Profile Image for Yasir Noori.
41 reviews
March 5, 2023
Highly recommended for those who want to know about the role of the central bank in our economy. However, if you dont have a basic background in finance you may not grasp all the details of the book.

This books tells the day by day events that took place in the white house and US Federal reserve bank during the beginning of the pandemic.
Profile Image for Abdullah O..
4 reviews
June 8, 2022
The title is misleading. There are 78 pages that talk on Jerome Powell’s life and career while there is no sign on the cover that it is included in the book. Why I am supposed to read about Powells biography while I wait to see the day by day analysis of 2020 March financial shock. Even the sections about the important events are not that insightful. I regret to purchase this book based on Buffets recommendation.
This entire review has been hidden because of spoilers.
119 reviews8 followers
June 4, 2023
Lots of unique insights, clear he got a lot of access to write the book.

However, he loses it with objectivity especially towards the end.

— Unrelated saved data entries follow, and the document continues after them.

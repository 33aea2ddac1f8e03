//! Refusals, marks and a pile of layers.

use layers::check::Check;
use layers::window::Window;
use std::alloc::{AllocError, Global};
use std::test::Fail;
use store::bench::BenchStore;
use store::fault::{Cause, Fault};
use store::plain::PlainStore;
use store::store::Store;

/// A plain store of `count` blocks of `size` zero bytes.
fn blank(heap: Global, count: u16, size: u8) -> Result<PlainStore, AllocError> {
    let bytes = vec![in heap; 0u8; count as usize * size as usize]?;
    let marks = vec![in heap; 0u8; count as usize]?;
    Ok(PlainStore::new(bytes, marks, u32::from(size)))
}

fn refused(cause: Cause, block: u32, depth: u8) -> Result<(), Fault> {
    Err(Fault {
        cause,
        block,
        depth,
    })
}

#[test]
fn a_plain_store_refuses_in_order(rt: HostRuntime) -> Result<(), Fail> {
    let mut store = blank(rt.alloc(), 4, 16)?;
    let mut page = [7u8; 16];
    let mut short = [7u8; 15];
    assert_eq!(rt; store.mark(3), Ok(()));
    assert_eq!(rt;
        store.read(4, &mut short),
        refused(Cause::NoSuchBlock, 4, 0)
    );
    assert_eq!(rt;
        store.read(3, &mut short),
        refused(Cause::WrongBuffer, 3, 0)
    );
    assert_eq!(rt; store.read(3, &mut page), refused(Cause::BadBlock, 3, 0));
    assert_eq!(rt; page, [7u8; 16]);
    assert_eq!(rt; store.write(4, &page), refused(Cause::NoSuchBlock, 4, 0));
    assert_eq!(rt;
        store.tally(),
        3,
        "a refused read is counted, a write is not"
    );
    Ok(())
}

#[test]
fn a_write_takes_the_mark_away(rt: HostRuntime) -> Result<(), Fail> {
    let mut store = blank(rt.alloc(), 2, 16)?;
    let mut page = [0u8; 16];
    assert_eq!(rt; store.mark(1), Ok(()));
    assert_eq!(rt; store.write(1, &[9u8; 16]), Ok(()));
    assert_eq!(rt; store.read(1, &mut page), Ok(()));
    assert_eq!(rt; page, [9u8; 16]);
    Ok(())
}

#[test]
fn a_block_length_out_of_bounds_makes_no_blocks(rt: HostRuntime) -> Result<(), Fail> {
    let store = blank(rt.alloc(), 4, 15)?;
    assert_eq!(rt; store.count(), 0);
    assert_eq!(rt; store.size(), 0);
    Ok(())
}

#[test]
fn bytes_are_changed_behind_a_mark(rt: HostRuntime) -> Result<(), Fail> {
    let mut store = blank(rt.alloc(), 2, 16)?;
    assert_eq!(rt; store.mark(0), Ok(()));
    assert_eq!(rt; store.patch(0, 14, &[1, 2]), Ok(()));
    assert_eq!(rt;
        store.patch(0, 15, &[1, 2]),
        refused(Cause::WrongBuffer, 0, 0)
    );
    let mut page = [0u8; 16];
    assert_eq!(rt; store.read(0, &mut page), refused(Cause::BadBlock, 0, 0));
    assert_eq!(rt; store.clear(0), Ok(()));
    assert_eq!(rt; store.read(0, &mut page), Ok(()));
    assert_eq!(rt; page, [0, 0, 0, 0, 0, 0, 0, 0, 0, 0, 0, 0, 0, 0, 1, 2]);
    assert_eq!(rt; store.blocks().len(), 32);
    Ok(())
}

/// Writes a block and reads it back, over any store.
fn echo<S: Store>(store: &mut S, block: u32, bytes: &[u8], back: &mut [u8]) -> Result<(), Fault> {
    store.write(block, bytes)?;
    store.read(block, back)
}

#[test]
fn a_pile_tells_how_deep_a_fault_lies(rt: HostRuntime) -> Result<(), Fail> {
    let window = Window::new(blank(rt.alloc(), 6, 20)?, 2, 3);
    let mut pile = Check::new(window);
    let mut page = [0u8; 18];
    assert_eq!(rt; pile.count(), 3);
    assert_eq!(rt; pile.read(1, &mut page), refused(Cause::WrongCheck, 1, 0));
    assert_eq!(rt; echo(&mut pile, 1, &[5u8; 18], &mut page), Ok(()));
    assert_eq!(rt; page, [5u8; 18]);
    assert_eq!(rt; pile.below().below().mark(3), Ok(()));
    assert_eq!(rt; pile.read(1, &mut page), refused(Cause::BadBlock, 3, 2));
    assert_eq!(rt; pile.below().tally(), 3);
    assert_eq!(rt; pile.read(3, &mut page), refused(Cause::NoSuchBlock, 3, 0));
    assert_eq!(rt;
        pile.below().tally(),
        3,
        "what is refused above is not read below"
    );
    assert_eq!(rt; pile.tally(), 4);
    Ok(())
}

#[test]
fn the_bench_store_is_never_marked(rt: HostRuntime) {
    let mut store = BenchStore::new();
    let mut page = [1u8; 128];
    assert_eq!(rt; store.read(63, &mut page), Ok(()));
    assert_eq!(rt; page, [0u8; 128]);
    assert_eq!(rt;
        store.read(64, &mut page),
        refused(Cause::NoSuchBlock, 64, 0)
    );
    assert_eq!(rt; echo(&mut store, 63, &[2u8; 128], &mut page), Ok(()));
    assert_eq!(rt; page, [2u8; 128]);
}

#[test]
fn a_fault_is_shown_by_its_cause_block_and_depth(rt: HostRuntime) -> Result<(), Fail> {
    let fault = Fault::new(Cause::BadBlock, 70_000).raised();
    let text = format!(in rt.alloc(); "{fault}")?;
    assert_eq!(rt; text.as_str(), "cause=3 block=70000 depth=1");
    Ok(())
}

Ultimately, is a political book that seeks out to dogmatically defend the policy decisions made in 2021 no matter what the results have been.
Profile Image for Sangam Agarwal.
283 reviews31 followers
November 9, 2022
from one of the most trusted sources for fed leaks on wall street this book is complete waste of time
only thing matter is he says pawell is volcker
1 review
November 13, 2024
I’ll start out by saying I’m a republican and I like learning all things related to banking. The bias from the author is very hard at times to ignore, and is mostly not materially important. At one point, the author brings up the fact trump said “very fine people”, indicating that those comments were why one of his Jewish staff members stepped down. What the author failed to explain was how that comment was taken out of context and he failed to explain that. The very fine people hoax is such a joke, it takes 2 minutes to watch and see he clearly wasn’t referring to neo-nazis.

While I don’t agree with how Trump handled his time regarding how he dealt with the Fed, the author fails to give Trump any sort of credit for anything. He fails to give any acknowledgment that Trump was right on the mistake of rising rates in 2018. He fails to mention Trump agreed to a trade deal with Beijing, instead saying “Stocks raised to new records after WASHINGTON and Beijing agreed to a “phase-one” trade deal that would ….” He then immediately blames Trump on how he thought of Covid in January, even though nobody in the world had the slightest idea what would happen, as there had only been 1 case in the U.S.

And again, most of the “pressure” and “battles” with Trump were him tweeting what he thought the Fed should do… Which I don’t think he should have done but he also didn’t force Powell to do anything. He simply stated what he thought they should do, which I think any president has done.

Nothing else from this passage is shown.